Evaluation of surface energy state distribution and bulk defect concentration in DSSC photoanodes based on Sn, Fe, and Cu doped TiO2

Abstract Electron transfer dynamics in the oxide layers of the working electrodes in both dye-sensitized solar cells and photocatalysts greatly influences their performance. A proper understanding of the distribution of surface and bulk energy states on/in these oxide layers can provide insights into the associated electron transfer processes. Metal ions like Iron (Fe), Copper (Cu) and Tin (Sn) doped onto TiO 2 have shown enhanced photoactivity in these processes. In this work, the structural, optical and transient properties of Fe, Cu and Sn doped TiO 2 nanocrystalline powders have been investigated and compared using EDX, Raman spectroscopy, X-ray Photoelectron spectroscopy (XPS), and Transient Absorption spectroscopy (TAS). Surface free energy states distributions were probed using Electrochemical Impedance spectroscopy (EIS) on Dye Sensitized Solar Cells (DSSC) based on the doped TiO 2 photoanodes. Raman and XPS Ti2p 3/2 peak shifts and broadening showed that the concentration of defects were in the order: Cu doped TiO 2  > Fe doped TiO 2  > Sn doped TiO 2  > pure TiO 2 . Nanosecond laser flash photolysis of Fe and Cu doped TiO 2 indicated slower transient decay kinetics than that of Sn doped TiO 2 or pure TiO 2 . A broad absorption peak and fast transient decay at 430 nm for Fe doped TiO 2 was ascribed to an increase in surface hole concentration resulting in poor current density in the Fe doped TiO 2 photoanodes relative to pure TiO 2 , Sn or Cu doped anodes.
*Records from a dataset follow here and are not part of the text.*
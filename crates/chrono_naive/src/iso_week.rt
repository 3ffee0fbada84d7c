//! `IsoWeek`: a week of ISO 8601.
ghost use Rattle.std.specs.Prelude.{◌≡◌, ◌+◌, ◌<◌};
ghost use Rattle.std.specs.Int.{IsInRange};
ghost use Rattle.chrono_naive.specs.Fields.{IsIsoYear};

mod order;
mod text;

use std::marker::Model;

/// A week of an ISO year (ISO 8601 week date). A week begins on Monday, and the first week of a year contains
/// the year's first Thursday.
///
/// Contracts see the ISO year and the week. Weeks are ordered by the year, then by the week.
#[derive(Clone, Copy, PartialEq, Eq, Hash)]
pub struct IsoWeek {
    year: i32,
    week: u32,
}

impl Model for IsoWeek {
    ghost use Rattle.std.specs.Int.{IsInRange};
    ghost use Rattle.chrono_naive.specs.Fields.{IsIsoYear, IsoYearAndWeek};

    ghost Value = { IsoYearAndWeek };

    ghost view = { λ w. record { year = w.year; week = w.week } };

    ghost invariant = { λ w. IsIsoYear w.year × IsInRange 1 53 w.week };

    ghost inverse = { λ n. record { year = n.year; week = n.week } };
}

impl IsoWeek {
    // The week of that number in the ISO year.
    #[inline]
    pub(crate) fn new(year: i32, week: u32) -> IsoWeek
        requires year { IsIsoYear year }
        requires week { IsInRange 1 53 week }
        ensures { result ≡ record { year = year; week = week } }
    {
        IsoWeek { year, week }
    }

    /// Returns the ISO year, from -262,143 to 262,143. It is the calendar year of the week's Thursday, so it
    /// may be the year before or after that of a day in the week.
    ///
    /// ```
    /// NaiveDate::from_ymd_opt(2024, 12, 30)?.iso_week().year() // 2025
    /// ```
    #[inline]
    pub fn year(&self) -> i32
        ensures value { result ≡ self.now.year }
        ensures in_range { IsIsoYear result }
    {
        self.year
    }

    /// Returns the week of the ISO year, from 1 to 53.
    ///
    /// ```
    /// NaiveDate::from_ymd_opt(2021, 1, 3)?.iso_week().week() // 53
    /// ```
    #[inline]
    pub fn week(&self) -> u32
        ensures value { result ≡ self.now.week }
        ensures in_range { IsInRange 1 53 result }
    {
        self.week
    }

    /// Returns the week of the ISO year counted from 0, from 0 to 52.
    ///
    /// ```
    /// NaiveDate::from_ymd_opt(2021, 1, 3)?.iso_week().week0() // 52
    /// ```
    #[inline]
    pub fn week0(&self) -> u32
        ensures value { result + 1 ≡ self.now.week }
        ensures in_range { result < 53 }
    {
        self.week - 1
    }
}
The charge transfer capacitance and the calculated electron lifetimes correlated well with the trend in current density of the photoanodes (Sn > Cu > pure TiO 2 ). The poor performance of Fe doped cells is due to faster recombination of injected electrons with surface holes while those of Sn and Cu were more influenced by the concentration of their bulk defects. These results demonstrate that the choice of selected metal ions doping onto TiO 2 for a desired application should take into consideration the influence of bulk defect concentrations, the energy state distribution and the electron transfer properties in/on the oxide photoanodes.